The president of GardaWorld Security Corp. has more than 1,800 employees providing security to diplomats, aid workers and companies doing business in Iraq and Afghanistan.

"This kind of work is a growing business," he said in a telephone interview yesterday. "It's more risky, but also more profitable."


Email to a friend

Printer friendly
Font: ****The Montreal-based Garda plunged into the personal security business in a big way two years ago with its $67.25-million acquisition of Vance International Inc., one of the largest private-security operations in the world. It followed that with the purchase last December of Kroll Security International, based in London. KSI is a leading risk-management company in the region.

The takeovers have helped vault Garda to fifth position among the world's private security providers.

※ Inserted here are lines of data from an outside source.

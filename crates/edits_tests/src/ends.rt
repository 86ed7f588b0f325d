ghost use Rattle.edits_tests.specs.Ends.{ends_meaning};
ghost use Rattle.std.proofs.Common.{rules};

use monoid::recogniser::Recogniser;
use monoid::tally::Tally;
use rows::kind::Kind;

// The kinds of the first and the last row of a word, if it has any.
#[derive(Clone, Copy, PartialEq, Eq, Debug)]
pub struct Pair {
    pub first: Option<Kind>,
    pub last: Option<Kind>,
}

impl Pair {
    // Of no rows.
    pub const NONE: Pair = Pair {
        first: None,
        last: None,
    };
}

// The recogniser of the first and the last row.
#[derive(Drop)]
pub struct Ends {
    pub tally: Tally,
}

impl Recogniser for Ends {
    type Element = Pair;

    ghost meaning = { λ s. ends_meaning };

    ghost tally = { λ s. s.tally.count };

    ghost orderly = { λ s. Unit {0} };

    ghost shaped = { Prim.search rules };

    ghost lawful = { Prim.search rules };

    ghost bounded = { Prim.search rules };

    fn unit(&self) -> Pair {
        Pair::NONE
    }

    fn image(&self, kind: Kind) -> Pair {
        Pair {
            first: Some(kind),
            last: Some(kind),
        }
    }

    fn product(&mut self, left: Pair, right: Pair) -> Pair {
        self.tally.raise();
        Pair {
            first: left.first.or(right.first),
            last: right.last.or(left.last),
        }
    }

    fn asked(&self) -> u64 {
        self.tally.value()
    }

    fn width(&self) -> usize {
        1
    }

    fn lit(&self, element: Pair, lamp: usize) -> bool {
        lamp == 0 && element.first == Some(Kind::Heading)
    }
}
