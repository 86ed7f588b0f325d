// Trees under edits, beside plain lists of kinds.
#![tactic(auto)]

pub mod ends;
pub mod fault;
pub mod plain;
pub mod sheets;
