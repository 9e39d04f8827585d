//! Which page the next first write goes to. It knows the book alone, and makes no call of a die.
#![tactic(auto)]

pub mod next_page;

pub use next_page::{NextPage, next};
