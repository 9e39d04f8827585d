//! The page after the last one written, else the lowest Clean block, else the victim: erased where nothing lives in it, and else
//! collected into the Spare.
ghost use Rattle.std.specs.Prelude.{◌≤◌, length};
ghost use Rattle.block_state.specs.Book.{HasOneSpare};
ghost use Rattle.page_alloc.specs.CleanPage.{IsNext};

use block_state::{Book, State};

/// What gives the next record a page. Pages and blocks go by their numbers on the die.
#[derive(Clone, Copy, Debug, PartialEq, Eq)]
pub enum NextPage {
    /// This page of the Active block is the next one.
    Page(u32),
    /// This Clean block becomes Active.
    Take(u32),
    /// This closed block, which has no live records, is erased and becomes Active.
    Wipe(u32),
    /// The live records of the victim are copied to the Spare, which becomes Active.
    Collect { victim: u32, spare: u32 },
}

/// What gives the next record a page, by the clean page rule.
pub fn next(book: &Book) -> NextPage
    requires spare { HasOneSpare book.now }
    requires two_blocks { 2 ≤ length book.now.states }
    ensures { IsNext book.now result }
{
    if let Some(block) = book.active() {
        let State::Active { fill } = book.state_of(block) else {
            unreachable!()
        };
        return NextPage::Page(block * book.pages() + fill);
    }
    if let Some(block) = book.lowest_clean() {
        return NextPage::Take(block);
    }
    let Some(victim) = book.victim() else {
        unreachable!()
    };
    if book.live(victim) == 0 {
        NextPage::Wipe(victim)
    } else {
        NextPage::Collect {
            victim,
            spare: book.spare(),
        }
    }
}

#[cfg(test)]
mod tests;
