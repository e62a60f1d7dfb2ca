//! The blocks in their order, each with the places of its items.

ghost use Rattle.std.specs.Prelude.{◌≡◌, ℕ, ◌++◌, ◌<◌, nat_eq, IfOk, IsTrue, List, OnOk, length, map, slice_index_or, [], ◌∷◌};
ghost use Rattle.bundle_order_graph.specs.Order.{IsOrder};
ghost use Rattle.std.specs.List.{AllZip, IsDistinct};
ghost use Rattle.bundle_order_sort.specs.Places.{is_list_end, is_in_some, left_of};
ghost use Rattle.bundle_order_sort.specs.Merged.{ends_list_at, merged};
ghost use Rattle.bundle_order_sort.specs.Plan.{IsBlock, IsOwnBlock, IsPlanAsked, IsPlanOf, IsPlanOfEach};
ghost use Rattle.bundle_order_sort.specs.Rows.{AreRows};

use crate::table::{Table, add_all, all_of, table_of};
use bundle_order_graph::graph::{ModuleGraph, cycles_on, order};
use bundle_tree_names::ModuleId;
use indexmap::IndexSet;
use std::alloc::{AllocError, Global};

/// A block: the places of the items of its modules, module by module, and for each of them the number of its module
/// in the block.
#[derive(Drop)]
pub struct Block {
    pub places: Vec<usize>,
    pub numbers: Vec<usize>,
    /// Whether it is of several modules, or of one that requests itself.
    pub is_cycle: bool,
}

/// The blocks in their order, and the places of the items that are in none.
#[derive(Drop)]
pub struct Plan {
    pub blocks: Vec<Block>,
    pub left: Vec<usize>,
}

/// The blocks of all modules that the entry reaches, in the order of their last members in its list, where these are
/// the modules of all items. The items of modules that it does not reach are left.
pub fn plan_of(
    alloc: Global,
    graph: &ModuleGraph,
    entry: ModuleId,
    owners: &[ModuleId],
) -> Result<Plan, AllocError>
    ensures { IfOk result (λ plan. IsPlanOf graph.now entry owners.now plan) }
{
    let list = order(alloc, graph, entry)?;
    plan_on(alloc, graph, &list, owners)
}

// The same, where this is the list of the modules that the entry reaches.
fn plan_on(
    alloc: Global,
    graph: &ModuleGraph,
    list: &[ModuleId],
    owners: &[ModuleId],
) -> Result<Plan, AllocError>
    requires { IsDistinct nat_eq list.now }
    ensures { IfOk result (λ plan. (entry : ℕ) →
        IsOrder graph.now entry list.now → IsPlanOf graph.now entry owners.now plan) }
{
    let cycles = cycles_on(alloc, graph, list)?;
    let table = table_of(alloc, owners)?;
    let blocks = blocks_of(alloc, list, &cycles, &table)?;
    let left = left_places(alloc, list, owners)?;
    Ok(Plan { blocks, left })
}

/// The blocks of the modules that an entry reaches, where this is their list, as `order` gives it: those of `plan_of`,
/// or where modules stand in the standard's order (ECMA-262, 16.2.1.5.2), each module in a block of its own. Refused only
/// where memory runs out.
pub fn plan_asked(
    alloc: Global,
    graph: &ModuleGraph,
    list: &[ModuleId],
    in_standard_order: bool,
) -> Result<Plan, AllocError>
    requires { IsDistinct nat_eq list.now }
    ensures { IfOk result (λ plan. (entry : ℕ) →
        IsOrder graph.now entry list.now →
        IsPlanAsked in_standard_order graph.now entry list.now plan) }
{
    if in_standard_order {
        plan_of_each(alloc, list.len())
    } else {
        plan_on(alloc, graph, list, list)
    }
}

// So many items, each in a block of its own, in their order; none is left.
#[tactic(auto, using(crate::proofs::EachLemmas::each_more))]
fn plan_of_each(alloc: Global, count: usize) -> Result<Plan, AllocError>
    ensures { IfOk result (λ plan. IsPlanOfEach count plan) }
{
    let mut blocks = Vec::new(alloc);
    for place in 0..count {
        blocks.push(own_block(alloc, place)?)?;
    }
    let left = Vec::new(alloc);
    Ok(Plan { blocks, left })
}

// The block of the item at a place alone.
fn own_block(alloc: Global, place: usize) -> Result<Block, AllocError>
    ensures { IfOk result (λ block. IsOwnBlock place block) }
{
    let mut places = Vec::new(alloc);
    places.push(place)?;
    let mut numbers = Vec::new(alloc);
    numbers.push(0)?;
    Ok(Block {
        places,
        numbers,
        is_cycle: false,
    })
}

// The blocks of a list of modules, of which these are the cycles: each cycle where its last member stands, and each
// module of none by itself.
fn blocks_of(
    alloc: Global,
    list: &[ModuleId],
    cycles: &[Vec<ModuleId>],
    table: &Table,
) -> Result<Vec<Block>, AllocError>
    ensures { IfOk result (λ blocks.
        (owners : List ℕ) →
        AreRows table.now owners →
        AllZip (IsBlock owners)
        (merged (λ m. is_in_some m (map (λ v. v.items) cycles.now)) list.now
        (map (λ v. v.items) cycles.now))
        blocks.items) }
{
    let on_cycles = all_of(alloc, cycles)?;
    let mut blocks = Vec::new(alloc);
    let mut next = 0usize;
    for (at, id) in list.iter().enumerate() {
        if !on_cycles.contains(id) {
            let block = block_of(alloc, table, &list[at..at + 1], false)?;
            blocks.push(block)?;
        } else if ends_next(cycles, next, *id) {
            let block = block_of(alloc, table, &cycles[next], true)?;
            blocks.push(block)?;
            next += 1;
        }
    }
    Ok(blocks)
}

// Whether a module is the last of the next cycle.
fn ends_next(cycles: &[Vec<ModuleId>], next: usize, id: ModuleId) -> bool
    ensures { result ≡ ends_list_at id (map (λ v. v.items) cycles.now) next }
{
    match cycles.get(next) {
        Some(cycle) => ends(cycle, id),
        None => false,
    }
}

// Whether a module is the last of several.
fn ends(cycle: &[ModuleId], id: ModuleId) -> bool
    ensures { result ≡ is_list_end id cycle.now }
{
    match cycle.last() {
        Some(last) => *last == id,
        None => false,
    }
}

// The block of these modules.
fn block_of(
    alloc: Global,
    table: &Table,
    members: &[ModuleId],
    is_cycle: bool,
) -> Result<Block, AllocError>
    ensures { IfOk result (λ block.
        (owners : List ℕ) →
        AreRows table.now owners → IsBlock owners (members.now, is_cycle) block) }
{
    let mut places = Vec::new(alloc);
    let mut numbers = Vec::new(alloc);
    for (number, id) in members.iter().enumerate() {
        let row = table.row(*id);
        places.extend_from_slice(row)?;
        add_number(&mut numbers, number, row)?;
    }
    Ok(Block {
        places,
        numbers,
        is_cycle,
    })
}

// Adds the number of a module for each of its places.
fn add_number(numbers: &mut Vec<usize>, number: usize, row: &[usize]) -> Result<(), AllocError>
    ensures { OnOk result
        (numbers.new.items ≡ numbers.old.items ++ map (λ place. number) row.now) }
{
    for _ in 0..row.len() {
        numbers.push(number)?;
    }
    Ok(())
}

// The places of the items of modules that are not in the list.
fn left_places(
    alloc: Global,
    list: &[ModuleId],
    owners: &[ModuleId],
) -> Result<Vec<usize>, AllocError>
    ensures { IfOk result (λ left. left.items ≡ left_of owners.now list.now) }
{
    let mut reached = IndexSet::new(alloc);
    add_all(&mut reached, list)?;
    let mut left = Vec::new(alloc);
    for (place, owner) in owners.iter().enumerate() {
        if !reached.contains(owner) {
            left.push(place)?;
        }
    }
    Ok(left)
}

With 50,000 employees and annual revenues in the $1.5-billion range, it still trails North American leader Brink's Co. with revenues of $2.5 billion U.S. last year.

Currently, Garda is active in Baghdad's Green Zone, where it provides security to the British Embassy and to non-profit groups including USAID and the Foundation for Relief and Reconciliation in the Middle East, where it provides personal security to the Anglican vicar of Baghdad, Rev. Andrew White.

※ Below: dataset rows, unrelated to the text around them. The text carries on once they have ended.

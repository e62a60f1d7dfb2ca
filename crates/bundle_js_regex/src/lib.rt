//! The early errors of a regular expression literal (ECMA-262, 22.2.1 and B.1.2): its flags, and its pattern
//! with and without `u`.
#![tactic(auto)]

mod atoms;
mod classes;
mod fault;
mod flags;
mod groups;
mod pattern;
mod properties;
mod survey;

pub use fault::{RegexError, RegexRefusal};
pub use pattern::{check, check_literal};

The foundation recently recognized GardaWorld with its inaugural peace prize.

"GardaWorld has provided an outstanding service to every aspect of our work in Iraq and, in reality, is the biggest contributor to our efforts of peace-making," White said in a press release. The foundation promotes reconciliation among Iraq's various religious groups.
More on link


----------



## Retired AF Guy (7 Jun 2007)

Just finished reading  "Licensed to Kill: Hired Guns in the war in Terror" by Robert Young Pelton. Found it a very interesting take on the various private security firms that are operating around the world. Most of the emphasis is on Blackwater Security with mention of other firms such as Triple Canopy and HART (a Brit firm).  Pelton looks at the recent history, controversy, operations, etc  of private security firms, including reports that some firms in Iraq are out of control and are responsible for killing of innocent civilians.  He does not mention GardaWorld probably because it had not graduated into that part of the business when Pelton was writing his book.

Here is a link to the Garda Canada webpage: http://www.garda.ca/ 

Here are a couple of links to the recent kidnapping of four GardaWorld employees in Baghdad:

http://www.timesonline.co.uk/tol/news/world/iraq/article1875657.ece

http://www.timesonline.co.uk/tol/news/world/iraq/article1873150.ece


----------



## KevinB (7 Jun 2007)

Pelton is an idiot - for a guy who did the 70-80's African Mercenaire scene - he has alot of balls casting moral implications.  - Not one who really has a shcmik will talk to him - so he creates a lot of his stuff.

- Garda bought out Vance and Krolls's Security stuff -- however Garda does not do USAID -- that is BW and TC.  Other companies do some of the USAID NGO's, Garda does one of the USAID contract NGO's - subcontractors "Bearing Point"

Hart is an always will be a farce -- they hired bouncers (with no mil skill) for a while and still operate with subpar personnel and equipment.


----------



## Retired AF Guy (8 Jun 2007)

Infidel-6 said:
			
		

> Pelton is an idiot - for a guy who did the 70-80's African Mercenaire scene - he has alot of balls casting moral implications.  - Not one who really has a shcmik will talk to him - so he creates a lot of his stuff.
> 
> - Garda bought out Vance and Krolls's Security stuff -- however Garda does not do USAID -- that is BW and TC.  Other companies do some of the USAID NGO's, Garda does one of the USAID contract NGO's - subcontractors "Bearing Point"
> 
> Hart is an always will be a farce -- they hired bouncers (with no mil skill) for a while and still operate with subpar personnel and equipment.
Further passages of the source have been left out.